Apertei a mão dela e ficamos ali conversando até a hora do intervalo, e eu não me importei nenhum pouco em perder as aulas naquela manhã, ela me deixou tão confortável que eu nunca tinha me sentido assim com ninguém mais na minha vida, era um sentimento muito bom. Ela me abriu os olhos para muita coisa só naquelas poucas horas que estivemos juntas. Claro que muita coisa que já sabia, mas não queria enxergar, mas eu confiei nela o suficiente para aceitar para mim mesma que havia coisas erradas na forma em que as pessoas me tratavam e nas que eu tratava as pessoas, na forma em que os relacionamentos a minha volta eram errados e destrutivos e de como eu precisava de ajuda profissional para ajudar na minha saúde mental.

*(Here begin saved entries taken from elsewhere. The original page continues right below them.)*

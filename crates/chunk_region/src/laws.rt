//! Laws about what is written on pages, for the crates above.

ghost use Rattle.chunk_region.specs.Pages.{WritesOn};

/// What writing on keeps: call it where a proof needs one of these facts. It does nothing.
pub fn law_of_writing()
    ensures { WritesOn }
{}
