//! A node that lies in bytes, read in place.

ghost use Rattle.std.specs.Prelude.{◌≡◌, ◌<◌, ◌^◌, length, IfOk, IfErr, OnErr, Some};
ghost use Rattle.std.specs.Option.{option_map};
ghost use Rattle.std.specs.List.{slice_get};
ghost use Rattle.tuple_codec.specs.Nodes.{IsNode, leaf_item, node_bytes};
ghost use Rattle.node_format.specs.Views.{seen};
ghost use Rattle.node_format.specs.Reading.{item_at};
ghost use Rattle.node_format.specs.Faults.{IsFaultAt, IsNoNode};

use crate::fields::{ItemRef, inner_at, leaf_at};
use crate::marks::{Marks, after_items};
use crate::scan::{header_at, scan};
use std::marker::Model;
use tuple_codec::Address;

/// Bytes that are no node's, with the offset where they go wrong.
///
/// The offset is 0 where the header is short, its kind or level is wrong, or an inner node has no item. Else it is that
/// of the first item that is cut short, whose key doesn't rise, or which has no row below; else that of the first byte
/// after the last item.
#[derive(Clone, Copy, PartialEq, Eq)]
pub struct Malformed {
    pub at: u32,
}

/// A node that lies in bytes. It takes no memory beside itself, about 540 bytes.
///
/// The places of some items are noted while the node is read: of each one in a node of fewer than 128 items, of each
/// second one below 256, and so on. An item is then found from the last noted place before it, by as many short steps
/// over lengths as items lie between: none below 128 items, at most n / 128 in a node of n items.
#[derive(Drop)]
pub struct NodeRef<'a> {
    level: u8,
    count: u16,
    items: &'a [u8],
    marks: Marks,
}

impl<'a> Model for NodeRef<'a> {
    ghost use Rattle.tuple_codec.specs.Nodes.{Node};
    ghost use Rattle.node_format.specs.Marks.{IsRead, node_from};

    ghost Value = { Node };

    ghost view = { λ n. node_from n.level n.count n.items.now };

    ghost invariant = { λ n. IsRead n.level n.count n.items.now n.marks.stride n.marks.places };
}

impl<'a> NodeRef<'a> {
    /// The node whose bytes these are, all of them. It takes time for each item once.
    pub fn read(bytes: &'a [u8]) -> Result<NodeRef<'a>, Malformed>
        requires { length bytes.now < 2 ^ 32 }
        ensures node { IfOk result (λ node. IsNode node) }
        ensures bytes { IfOk result (λ node. bytes.now ≡ node_bytes node) }
        ensures malformed { OnErr result (IsNoNode bytes.now) }
        ensures place { IfErr result (λ malformed. IsFaultAt bytes.now malformed.at) }
    {
        match header_at(bytes) {
            None => Err(Malformed { at: 0 }),
            Some((level, count, items)) => match scan(level, count, items) {
                Ok(marks) => Ok(NodeRef {
                    level,
                    count,
                    items,
                    marks,
                }),
                Err(rest) => Err(Malformed {
                    at: (bytes.len() - rest.len()) as u32,
                }),
            },
        }
    }

    /// The level: 0 for a leaf.
    pub fn level(&self) -> u8
        ensures level { result ≡ self.now.level }
        ensures node { IsNode self.now }
    {
        self.level
    }

    /// How many items the node has.
    pub fn count(&self) -> u16
        ensures { result ≡ length self.now.items }
    {
        self.count
    }

    /// A leaf's item of this number: its key and its value.
    pub fn leaf_item(&self, i: u16) -> (&'a [u8], &'a [u8])
        requires leaf { self.now.level ≡ 0 }
        requires within { i < length self.now.items }
        ensures { slice_get self.now.items i ≡ Some (leaf_item result.0.now result.1.now) }
    {
        match leaf_at(self.from_item(i)) {
            Some((item, _)) => item,
            None => unreachable!(),
        }
    }

    /// An inner node's item of this number: the last key below, the address of the node below, and how many rows that has.
    pub fn inner_item(&self, i: u16) -> (&'a [u8], Address, u64)
        requires inner { 0 < self.now.level }
        requires within { i < length self.now.items }
        ensures { slice_get self.now.items i ≡ Some (record { key = result.0.now; body = result.1.0; rows = result.2 }) }
    {
        match inner_at(self.from_item(i)) {
            Some((item, _)) => (item.key, Address::from_slice(item.body), item.rows),
            None => unreachable!(),
        }
    }

    /// The bytes from the item of this number on.
    fn from_item(&self, i: u16) -> &'a [u8]
        requires { i < length self.now.items }
        ensures { option_map (λ x. x.0) (item_at self.now.level result.now) ≡ slice_get self.now.items i }
    {
        let mark = usize::from(i / self.marks.stride);
        let place = self.marks.places[mark] as usize;
        let (_, marked) = self.items.split_at(place);
        after_items(self.level, i % self.marks.stride, marked)
    }
}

Depois que eu terminei com Adrian, meio que fui jogada de escanteio por aqueles que eu jurei que eram meus melhores amigos, nós nos “conhecíamos” desde sempre, então julguei que eles não escolheriam um lado, tudo bem se eles mantivesse a amizade com nós dois, afinal, não éramos mais crianças, mas eles vieram com a desculpa de que eu estava metida com a ralé, porque passei a tratar as pessoas melhor e, claro, minha amizade com a Gia estava cada vez mais forte mesmo, ela me ajudou nos primeiros meses com meu diagnóstico e com o uso dos remédios, dos efeitos colaterais e na terapia. Eles tinham razão, eu estava muito metida com a “ralé”, eles eram pessoas que me faziam bem, me fizeram ver que eu estava me tornando um ser humano desprezível, amargo, sem expectativas na vida. Gia me fez cavar mais fundo em mim mesma, me reconhecer e conhecer todo meu potencial, meu merecimento e as coisas que aos poucos foram me fazendo sentir completa. Eu era completamente vazia antes daquela pessoa estranha ficar me observando no corredor, naquele dia.




Fim.



Nota da autora: Olá, Jiniers, como estamos? Olha, eu gostei, essa PP é um pouco estranha, mas ela viveu a vida toda dentro de uma bolha e isso fode com a nossa mente de verdade, espero que gostem de ler tanto quanto eu gostei de escrever!